# Alternative zu Siemens 64mb SRAM Card



## kl.monster (23 Oktober 2009)

*Alternative zu Siemens 64mb SRAM Card?*

Hallo!

Ich suche eine alternative zu dieser RAM Memory Card:

http://www.luconda.com/artikeldetails/27/24/22/9411954B-2-Siemens-6ES7952-1AY00-0AA0.html?ShopID=1

Gibt es da auch was von anderen Herstellern,welche auch mit ner S7-400 funktioniert?

Google spuckt nix aus bzw. nur bis 16mb SRAM.

Wäre super wenn ihr mir helfen könntet.

Gruß Stefan


----------



## o_prang (23 Oktober 2009)

Hi,

haste mal bei den alzeit berühmt berüchtigen wie VIPA, Helmholz und dergleichen gesucht?
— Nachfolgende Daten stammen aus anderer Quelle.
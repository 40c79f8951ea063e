// The content of Body, so that it means the same in any other place.
ghost use Rattle.std.specs.Prelude.{◌≡◌, ◌+◌, [], IfOk, List, OnOk, Some, drop, is_none, map, true};
ghost use Rattle.nbfx_values.specs.QuotasOf.{limits_of};
ghost use Rattle.soap_envelope.specs.Body as spec;
ghost use Rattle.soap_envelope.specs.Fitting.{AreNeeds, fitting};
ghost use Rattle.soap_envelope.specs.Layers.{kept, layer_of, shown};
ghost use Rattle.soap_envelope.specs.Parts.{root_scope};
ghost use Rattle.soap_envelope.specs.Scopes.{Declaration, uri_in, within};

use crate::bindings::Bindings;
use crate::children::{behind, open_behind};
use crate::fitting::body_may_fit;
use crate::layers::Declared;
use crate::namespaces::SOAP;
use crate::puts::put_copies;
use crate::ring::{with_needs, xmlns_items};
use crate::scopes::declarations_in;
use crate::versions::Addressing;
use nbfx_values::{Item, Items, Quotas};
use std::alloc::Global;
use std::collections::BTreeMap;
use unit_streams::Memory;

// Puts a declaration at its place among others by the order of their prefixes' bytes, and in place
// of one of its prefix.
fn put<'d>(sorted: &mut BTreeMap<&'d str, &'d str>, one: &Declared<'d>) -> Result<(), Memory>
    ensures { OnOk result (shown sorted.new ≡ spec.put (kept one.now) (shown sorted.old)) }
{
    sorted.insert(one.prefix, one.uri)?;
    Ok(())
}

fn put_all<'d>(
    sorted: &mut BTreeMap<&'d str, &'d str>,
    layer: &[Declared<'d>],
) -> Result<(), Memory>
    ensures { OnOk result
        (shown sorted.new ≡ spec.put_all (map kept layer.now) (shown sorted.old)) }
{
    for one in layer {
        put(sorted, one)?;
    }
    Ok(())
}

// Whether every reply in a version has this declaration.
#[tactic(auto, unfolding(crate::specs::Names::soap))]
pub(crate) fn is_usual(version: Addressing, one: &Declared<'_>) -> bool
    ensures { result ≡ spec.is_usual version (kept one.now) }
{
    (one.prefix == "s" && one.uri == SOAP) || (one.prefix == "a" && one.uri == version.namespace())
}

// Those of sorted declarations that not every reply has.
fn unusual<'d>(
    alloc: Global,
    version: Addressing,
    sorted: BTreeMap<&'d str, &'d str>,
) -> Result<Vec<Declared<'d>>, Memory>
    ensures { IfOk result (λ needs. layer_of needs ≡ spec.unusual version (shown sorted.entry)) }
{
    let mut needs = Vec::new(alloc);
    for (prefix, uri) in sorted {
        let one = Declared { prefix, uri };
        if !is_usual(version, &one) {
            needs.push(one)?;
        }
    }
    Ok(needs)
}

// The declarations in scope at the Body that begins at a place, on which an element in it may rely.
fn needed_at<'d>(
    alloc: Global,
    version: Addressing,
    items: &'d [Item],
    at: usize,
) -> Result<Vec<Declared<'d>>, Memory>
    ensures { IfOk result (λ needs. layer_of needs
        ≡ spec.needed version (within items.now at (root_scope items.now))) }
{
    let root = declarations_in(alloc, behind(items, 0))?;
    let body = declarations_in(alloc, behind(items, at))?;
    let mut sorted = BTreeMap::new(alloc);
    put_all(&mut sorted, root.as_slice())?;
    put_all(&mut sorted, body.as_slice())?;
    unusual(alloc, version, sorted)
}

// Whether an element doesn't declare a prefix itself.
pub(crate) fn is_missing(own: &Bindings<'_>, prefix: &str) -> bool
    ensures { result ≡ is_none (uri_in own.now prefix.now) }
{
    own.uri_of(prefix).is_none()
}

// What stands behind the declarations and attributes at the head of items.
pub(crate) fn behind_head(items: &[Item]) -> &[Item]
    ensures { result.now ≡ spec.behind_head items.now }
{
    for (i, item) in items.iter().enumerate() {
        match item {
            Item::Xmlns { .. } | Item::Attr { .. } => {}
            _ => return &items[i..],
        }
    }
    &[]
}

// Whether an element ends at the first of these items, which follow its declarations and
// attributes.
#[inline(always)]
fn is_empty(content: &[Item]) -> bool
    ensures { result ≡ true → (needs : List Declaration)
        → spec.self_standing needs (Some 0) content.now ≡ [] }
{
    matches!(content.first(), None | Some(Item::Close))
}

// What children of the Body that begins at a place need, as items that declare it, where the
// content may fit the quotas with that.
pub(crate) fn fitting_needs(
    alloc: Global,
    quotas: &Quotas,
    version: Addressing,
    items: &[Item],
    at: usize,
) -> Result<Option<Items>, Memory>
    ensures { IfOk result (AreNeeds (limits_of quotas.now)
        (spec.behind_head (drop (at + 1) items.now))
        (spec.body_items version items.now (root_scope items.now) at)) }
{
    let content = behind_head(behind(items, at));
    if is_empty(content) {
        return Ok(Some(Items::new(alloc)));
    }
    let needs = needed_at(alloc, version, items, at)?;
    if !body_may_fit(alloc, quotas, needs.as_slice(), content)? {
        return Ok(None);
    }
    let declarations = xmlns_items(alloc, needs.as_slice())?;
    Ok(Some(declarations))
}

// Copies of items.
pub(crate) fn copies(alloc: Global, items: &[Item]) -> Result<Items, Memory>
    ensures { IfOk result (λ copied. copied ≡ items.now) }
{
    let mut copied = Items::new(alloc);
    copied.reserve(items.len())?;
    put_copies(&mut copied, items)?;
    Ok(copied)
}

// The content of the Body that begins at a place, so that it means the same in any other place,
// where it may fit the quotas.
pub(crate) fn body_items(
    alloc: Global,
    quotas: &Quotas,
    version: Addressing,
    items: &[Item],
    at: usize,
) -> Result<Option<Items>, Memory>
    ensures { IfOk result (λ body. body ≡ fitting (limits_of quotas.now)
        (spec.body_items version items.now (root_scope items.now) at)) }
{
    let Some(needs) = fitting_needs(alloc, quotas, version, items, at)? else {
        return Ok(None);
    };
    let content = copies(alloc, behind_head(behind(items, at)))?;
    let body = with_needs(alloc, quotas, &needs, content)?;
    Ok(Some(body))
}
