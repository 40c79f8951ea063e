//! What a fault reports.

use crate::blocks::Names;
use nbfx_values::Txt;

/// The code of a fault, by the local name that SOAP 1.2 gives it (Part 1, 5.4.6).
#[derive(Clone, Copy, Debug, PartialEq, Eq)]
pub enum Code {
    /// The root isn't a SOAP 1.2 envelope.
    VersionMismatch,
    /// A block that must be understood isn't.
    MustUnderstand,
    /// The request is at fault.
    Sender,
    /// The request isn't, but it can't be served, or its reply not be sent.
    Receiver,
}

/// The subcode of a fault, as the SOAP Binding of WS-Addressing 1.0 names it (6.4).
#[derive(Clone, Copy, Debug, PartialEq, Eq)]
pub enum Sub {
    /// No subcode.
    None,
    /// `MessageAddressingHeaderRequired`.
    HeaderRequired,
    /// `ActionNotSupported`.
    ActionNotSupported,
    /// `InvalidAddressingHeader`, and in it `OnlyAnonymousAddressSupported`.
    OnlyAnonymous,
    /// `InvalidAddressingHeader`, and in it `InvalidCardinality`.
    InvalidCardinality,
}

/// What a fault says.
#[derive(Debug, Drop)]
pub struct FaultReport<'a> {
    /// Its code.
    pub code: Code,
    /// Its subcode, if it has one.
    pub sub: Sub,
    /// Its reason, in English.
    pub reason: Txt,
    /// The names of the header blocks that weren't understood, in order: each has a NotUnderstood
    /// block in the fault's Header.
    pub names: Names<'a>,
}
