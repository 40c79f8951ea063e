// The children of an element, and the place of its end.
ghost use Rattle.std.specs.Prelude.{◌≡◌, ◌+◌, ◌<◌, ◌≤◌, ◌^◌, [], ◌∷◌, IfNone, IfSome, IsTrue, Some, drop, length, slice_get};
ghost use Rattle.soap_envelope.specs.Children as spec;
ghost use Rattle.soap_envelope.specs.Children.{children_from};

use nbfx_values::Item;
use std::marker::Model;

// The items after a place.
pub(crate) fn behind(items: &[Item], at: usize) -> &[Item]
    ensures { result.now ≡ drop (at + 1) items.now }
{
    if at < items.len() {
        &items[at + 1..]
    } else {
        &[]
    }
}

// Whether an element begins at a place.
pub(crate) fn is_start(items: &[Item], at: usize) -> bool
    ensures cases { result ≡ spec.is_start (slice_get items.now at) }
    ensures within { IsTrue result → at < length items.now }
{
    matches!(items.get(at), Some(Item::Start { .. }))
}

// Whether an item directly within its parent is a child of it.
fn is_child(item: &Item) -> bool
    ensures { result ≡ spec.is_child item.now }
{
    !matches!(item, Item::Xmlns { .. } | Item::Attr { .. } | Item::Close)
}

// How many elements are open after an item within a parent, if so many are before it.
pub(crate) fn open_behind(inner: usize, item: &Item) -> Option<usize>
    requires { inner + 1 < 2 ^ 64 }
    ensures { result ≡ spec.open_behind inner item.now }
{
    match item {
        Item::Start { .. } => Some(inner + 1),
        Item::Close => inner.checked_sub(1),
        _ => Some(inner),
    }
}

// The place of a child, and how many elements are open after the item there, within the parent.
#[derive(Clone, Copy)]
struct Child {
    at: usize,
    depth: Option<usize>,
}

// The first child among the items from a place on, where so many elements are open there.
fn child_from(items: &[Item], from: usize, depth: usize) -> Option<Child>
    requires { depth ≤ from }
    ensures found { IfSome result (λ child.
        children_from (Some depth) from (drop from items.now)
        ≡ child.at ∷ children_from child.depth (child.at + 1) (drop (child.at + 1) items.now)) }
    ensures within { IfSome result (λ child. child.at < length items.now) }
    ensures few { IfSome result (λ child. IfSome child.depth (λ inner. inner ≤ child.at + 1)) }
    ensures none { IfNone result (children_from (Some depth) from (drop from items.now) ≡ []) }
{
    let mut inner = depth;
    for i in from..items.len() {
        let item = &items[i];
        let behind = open_behind(inner, item);
        if inner == 0 && is_child(item) {
            return Some(Child {
                at: i,
                depth: behind,
            });
        }
        match behind {
            Some(open) => inner = open,
            None => return None,
        }
    }
    None
}

// The children of an element that are yet to come, which contracts see as the list of their places.
#[derive(Drop)]
pub(crate) struct Children<'d> {
    items: &'d [Item],
    at: usize,
    depth: Option<usize>,
}

impl<'d> Model for Children<'d> {
    ghost use Rattle.std.specs.Prelude.{◌≤◌, ℕ, IfSome, List, drop};
    ghost use Rattle.soap_envelope.specs.Children.{children_from};

    ghost Value = { List ℕ };

    ghost view = { λ c. children_from c.depth c.at (drop c.at c.items.now) };

    ghost invariant = { λ c. IfSome c.depth (λ inner. inner ≤ c.at) };
}

impl<'d> Children<'d> {
    // Those of the element that begins at a place.
    pub(crate) fn of(items: &'d [Item], at: usize) -> Children<'d>
        ensures { result ≡ spec.children_of items.now at }
    {
        if at >= items.len() {
            return Children {
                items,
                at,
                depth: None,
            };
        }
        Children {
            items,
            at: at + 1,
            depth: Some(0),
        }
    }

    // The next child.
    pub(crate) fn next(&mut self) -> Option<usize>
        ensures next { IfSome result (λ child. self.old ≡ child ∷ self.new) }
        ensures none { IfNone result (self.old ≡ []) }
    {
        let depth = self.depth?;
        let child = child_from(self.items, self.at, depth)?;
        self.at = child.at + 1;
        self.depth = child.depth;
        Some(child.at)
    }
}

/// The place where the element ends that begins at a place.
pub(crate) fn close_of(items: &[Item], at: usize) -> usize
    requires { at < length items.now }
    ensures { result ≡ spec.close_of items.now at }
{
    let mut inner = 0;
    for i in at + 1..items.len() {
        match open_behind(inner, &items[i]) {
            Some(open) => inner = open,
            None => return i,
        }
    }
    items.len()
}
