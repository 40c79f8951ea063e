//! The content of Body, taken out of its document.

ghost use Rattle.std.specs.Prelude.{◌≡◌, ◌+◌, ◌≤◌, [], IfOk, IfSome, IsTrue, Some, drop, length, slice_get, take, true};
ghost use Rattle.std.specs.List.{list_all};
ghost use Rattle.nbfx_values.specs.QuotasOf.{limits_of};
ghost use Rattle.soap_envelope.specs.Body as spec;
ghost use Rattle.soap_envelope.specs.Body.{behind_head, is_usual, needed, self_standing};
ghost use Rattle.soap_envelope.specs.Children.{is_start};
ghost use Rattle.soap_envelope.specs.Fitting.{IsTaken};
ghost use Rattle.soap_envelope.specs.Making.{AreTexts, IsContent, reply_items};
ghost use Rattle.soap_envelope.specs.Parts.{root_scope};
ghost use Rattle.soap_envelope.specs.Scopes.{declared, within};

use crate::body::{behind_head, fitting_needs, is_usual};
use crate::children::{behind, open_behind};
use crate::layers::Declared;
use crate::making::reply_doc_with;
use crate::moving::{first_of, rest};
use crate::ring::with_needs;
use crate::versions::Addressing;
use nbfx_values::{Doc, Item, Items, Quotas};
use std::alloc::Global;
use unit_streams::Memory;

// Whether an element declares nothing but what every reply in a version does, if these items follow
// its start.
fn declares_the_usual(version: Addressing, behind: &[Item]) -> bool
    ensures { result ≡ list_all (is_usual version) (declared behind.now) }
{
    for item in behind {
        match item {
            Item::Xmlns { prefix, uri } => {
                let (prefix, uri) = (prefix.as_str(), uri.as_str());
                if !is_usual(version, &Declared { prefix, uri }) {
                    return false;
                }
            }
            Item::Attr { .. } => {}
            _ => return true,
        }
    }
    true
}

// Whether the children of the Body that begins at a place need no declaration, since the root and
// Body declare only what every reply does.
#[tactic(auto, using(crate::proofs::Usual::needs_none))]
fn needs_nothing(version: Addressing, items: &[Item], at: usize) -> bool
    ensures { result ≡ true → needed version (within items.now at (root_scope items.now)) ≡ [] }
{
    declares_the_usual(version, behind(items, 0)) && declares_the_usual(version, behind(items, at))
}

// How many items come before the end of the element that holds them.
fn content_len(items: &[Item]) -> usize
    ensures within { result ≤ length items.now }
    ensures content { take result items.now ≡ self_standing [] (Some 0) items.now }
{
    let mut inner = 0;
    for (i, item) in items.iter().enumerate() {
        let Some(open) = open_behind(inner, item) else {
            return i;
        };
        inner = open;
    }
    items.len()
}

// The place of the first item of the content of the Body that begins at a place, and that of the
// first item after it.
fn content_places(items: &[Item], at: usize) -> (usize, usize)
    ensures within { (result.0 ≤ result.1) × (result.1 ≤ length items.now) }
    ensures first { drop result.0 items.now ≡ behind_head (drop (at + 1) items.now) }
    ensures both { drop result.0 (take result.1 items.now)
        ≡ self_standing [] (Some 0) (behind_head (drop (at + 1) items.now)) }
{
    let content = behind_head(behind(items, at));
    let first = items.len() - content.len();
    (first, first + content_len(content))
}

/// The content of the Body that begins at a place of a document, as
/// [`Envelope::body`](crate::Envelope::body) gives it, taken out of the document. The items are
/// moved, within the document's own list, which gets the declarations that children need besides:
/// those of the root and of Body, but for what every reply in this version declares. None only if
/// the content with its declarations counts more than the quotas admit, or has more bytes in any
/// payload; content that needs no declarations is given whatever it counts. It fails without
/// memory.
pub fn take_body(
    alloc: Global,
    quotas: &Quotas,
    version: Addressing,
    doc: Doc,
    at: usize,
) -> Result<Option<Items>, Memory>
    requires { IsTrue (is_start (slice_get doc at)) }
    ensures same { let body = spec.body_items version doc (root_scope doc) at in
        IfOk result (IsTaken (limits_of quotas.now) body body) }
    ensures content { IfOk result (λ body. IfSome body IsContent) }
{
    let (first, end) = content_places(doc.items().as_slice(), at);
    if needs_nothing(version, doc.items().as_slice(), at) {
        return Ok(Some(rest(first_of(doc.into_items(), end), first)));
    }
    let Some(needs) = fitting_needs(alloc, quotas, version, doc.items().as_slice(), at)? else {
        return Ok(None);
    };
    let body = with_needs(alloc, quotas, &needs, rest(doc.into_items(), first))?;
    Ok(Some(body))
}

/// The reply to a request with this action, as [`reply_doc`](crate::reply_doc) makes it, whose Body
/// has the content of the Body that begins at a place of the request. That is taken out of the
/// request as by [`take_body`], and its list becomes the reply's: None only if it, and so the
/// reply, doesn't fit the quotas. It fails without memory.
pub fn return_body(
    alloc: Global,
    quotas: &Quotas,
    version: Addressing,
    action: &str,
    relates: &Items,
    doc: Doc,
    at: usize,
) -> Result<Option<Doc>, Memory>
    requires texts { AreTexts relates.now }
    requires starts { IsTrue (is_start (slice_get doc at)) }
    ensures { let body = spec.body_items version doc (root_scope doc) at in
        IfOk result (IsTaken (limits_of quotas.now) body
        (reply_items version action.now relates.now body)) }
{
    let Some(body) = take_body(alloc, quotas, version, doc, at)? else {
        return Ok(None);
    };
    let reply = reply_doc_with(alloc, version, action, relates, body)?;
    Ok(Some(reply))
}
Vielleicht könnte Dir auch plctec.de helfen. Die haben ein recht ordentliches Lager.


----------



## kl.monster (27 Oktober 2009)

Hallo,

ich hab jetzt bei allen, oben genannten angefragt.Nix zu machen,nur bis 16GB RAM gibts was.

Da werde ich mal weitersuchen und hoffen,das sich nochwas ergibt.

Danke erstmal für die Hilfe.

Gruß


----------



## Rainer Hönle (27 Oktober 2009)

Gesucht 64 MB aber und nur bis 16 GB gibt es was?


----------



## o_prang (27 Oktober 2009)

Sieht logischerweise nach einem Tippfehler aus, da er schon im Themenstart nur 16MB gefunden hatte! :s12:


----------